I studied the chickens along with him and imagined the shadows and clutter away, picturing myself making conversation with art-loving tourists all summer long. It sounded right, or at least, more right than anything else I was doing. But that wasn’t what was in the job advertisement I’d responded to. “Did you – were you wanting to start doing some other types of work? For the job?”

He chucked, running his fingers through his pouf of hair. “Well, not to sell. I’m known as the Chicken Guy. This would be a personal project, you know? I love to do beautiful nudes. I used to have a girl – she was a real firecracker, that one, she’d call me sometimes in the middle of the night if she felt like posing! We created some beautiful nudes together, her and me.”

I nodded, while my stomach tightened. I’d been thinking a regular schedule in a well lit studio, not haphazard dates at this barn in the middle of the night. “Can I see some of your past work with her? Or – your other beautiful nudes?”

He shook his head. “Nah, no, I couldn’t do that to her. It’s too personal, you know? I treat all my models with respect. I told her from the get go, these are just for you and me. I couldn’t show her pictures to anyone. Just like I won’t show yours to anyone.”

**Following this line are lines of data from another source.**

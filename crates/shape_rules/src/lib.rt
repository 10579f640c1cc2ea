// The rules of shapes, of points, and of distances and numbers along them.
#![tactic(auto)]

mod rules; // rules.rt: the rules of each part

pub use rules::{measures, points, points_within, shapes};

He smiled at me, drinking in my hesitation like I was absorbing the steam from the hot mug. “I believe in art for the sake of the art. I get paid for the chickens. But I love to draw beautiful nudes. I need someone special for that. Someone with the spirit of an artist. Someone I can create with. Someone who wants to really live their life and be part of making beautiful things.” He clasped his hands and rubbed them together. “We should go ahead and get started.”

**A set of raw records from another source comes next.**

//! Calls of a parser.
ghost use Rattle.std.specs.Prelude.{◌≤◌};

use std::alloc::{AllocError, Global};
use std::process::Abort;
use std::test::Fail;
use yaml_scan::{
    yaml_lent_scalar_t, yaml_parser_fault, yaml_parser_has_token, yaml_parser_mark,
    yaml_parser_peek, yaml_parser_queued, yaml_parser_scan, yaml_parser_skip, yaml_parser_t,
    yaml_scan_next_to, yaml_token_sink_t,
};
use yaml_text::{
    unnamed_yaml_token_t_data, yaml_encoding_t, yaml_error_type_t, yaml_fault_t, yaml_mark_t,
    yaml_token_t, yaml_token_type_t,
};

fn scanned(parser: &mut yaml_parser_t) -> Result<yaml_token_t, Fail> {
    match yaml_parser_scan(parser) {
        Ok(token) => Ok(token),
        Err(_) => Err("a fault".into()),
    }
}

fn type_peeked(parser: &mut yaml_parser_t) -> Result<yaml_token_type_t, Fail> {
    match yaml_parser_peek(parser) {
        Ok(token) => Ok(token.type_()),
        Err(_) => Err("a fault".into()),
    }
}

/// Asserts what a call gives.
fn expect_call(
    rt: &impl Abort,
    parser: &mut yaml_parser_t,
    call: u8,
    want: yaml_token_type_t,
) -> Result<(), Fail> {
    let kind = called(parser, call)?;
    assert_eq!(rt; kind, want);
    Ok(())
}

/// Asserts what scans give in turn.
fn expect_scans(
    rt: &impl Abort,
    parser: &mut yaml_parser_t,
    types: &[yaml_token_type_t],
) -> Result<(), Fail> {
    for want in types {
        expect_call(rt, parser, b's', *want)?;
    }
    Ok(())
}

/// Asserts the types of the first tokens of an input.
fn expect_types(
    rt: &(impl Abort + AllocGlobal),
    input: &[u8],
    types: &[yaml_token_type_t],
) -> Result<(), Fail> {
    let any = yaml_encoding_t::YAML_ANY_ENCODING;
    let mut parser = yaml_parser_t::new(rt.alloc(), input, any);
    expect_scans(rt, &mut parser, types)
}

#[test]
fn groups_of_a_mapping(rt: HostRuntime) -> Result<(), Fail> {
    const TYPES: [yaml_token_type_t; 8] = [
        yaml_token_type_t::YAML_STREAM_START_TOKEN,
        yaml_token_type_t::YAML_BLOCK_MAPPING_START_TOKEN,
        yaml_token_type_t::YAML_KEY_TOKEN,
        yaml_token_type_t::YAML_SCALAR_TOKEN,
        yaml_token_type_t::YAML_VALUE_TOKEN,
        yaml_token_type_t::YAML_SCALAR_TOKEN,
        yaml_token_type_t::YAML_BLOCK_END_TOKEN,
        yaml_token_type_t::YAML_STREAM_END_TOKEN,
    ];
    expect_types(&rt, b"a: 1", &TYPES)
}

/// A flow end that closes nothing leaves the depth at 0, so the level of the block ends with the stream.
#[test]
fn depth_is_never_below_zero(rt: HostRuntime) -> Result<(), Fail> {
    const TYPES: [yaml_token_type_t; 7] = [
        yaml_token_type_t::YAML_STREAM_START_TOKEN,
        yaml_token_type_t::YAML_BLOCK_SEQUENCE_START_TOKEN,
        yaml_token_type_t::YAML_BLOCK_ENTRY_TOKEN,
        yaml_token_type_t::YAML_FLOW_SEQUENCE_END_TOKEN,
        yaml_token_type_t::YAML_FLOW_SEQUENCE_END_TOKEN,
        yaml_token_type_t::YAML_BLOCK_END_TOKEN,
        yaml_token_type_t::YAML_STREAM_END_TOKEN,
    ];
    expect_types(&rt, b"- ]]", &TYPES)
}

I clutched my mug tighter, protecting me from the train of his artistic will. “I really wasn’t planning on doing anything tonight. I have to get up for work tomorrow. Maybe we could figure out something, but I need to check my schedule….” I didn’t. I needed a moment alone to get my thoughts in order, to decide whether to walk away and stick with Bridge School and the Carcinogenic Couch and my crushing gray thoughts, or risk taking off my clothes and being swept away on the free-spirit art train.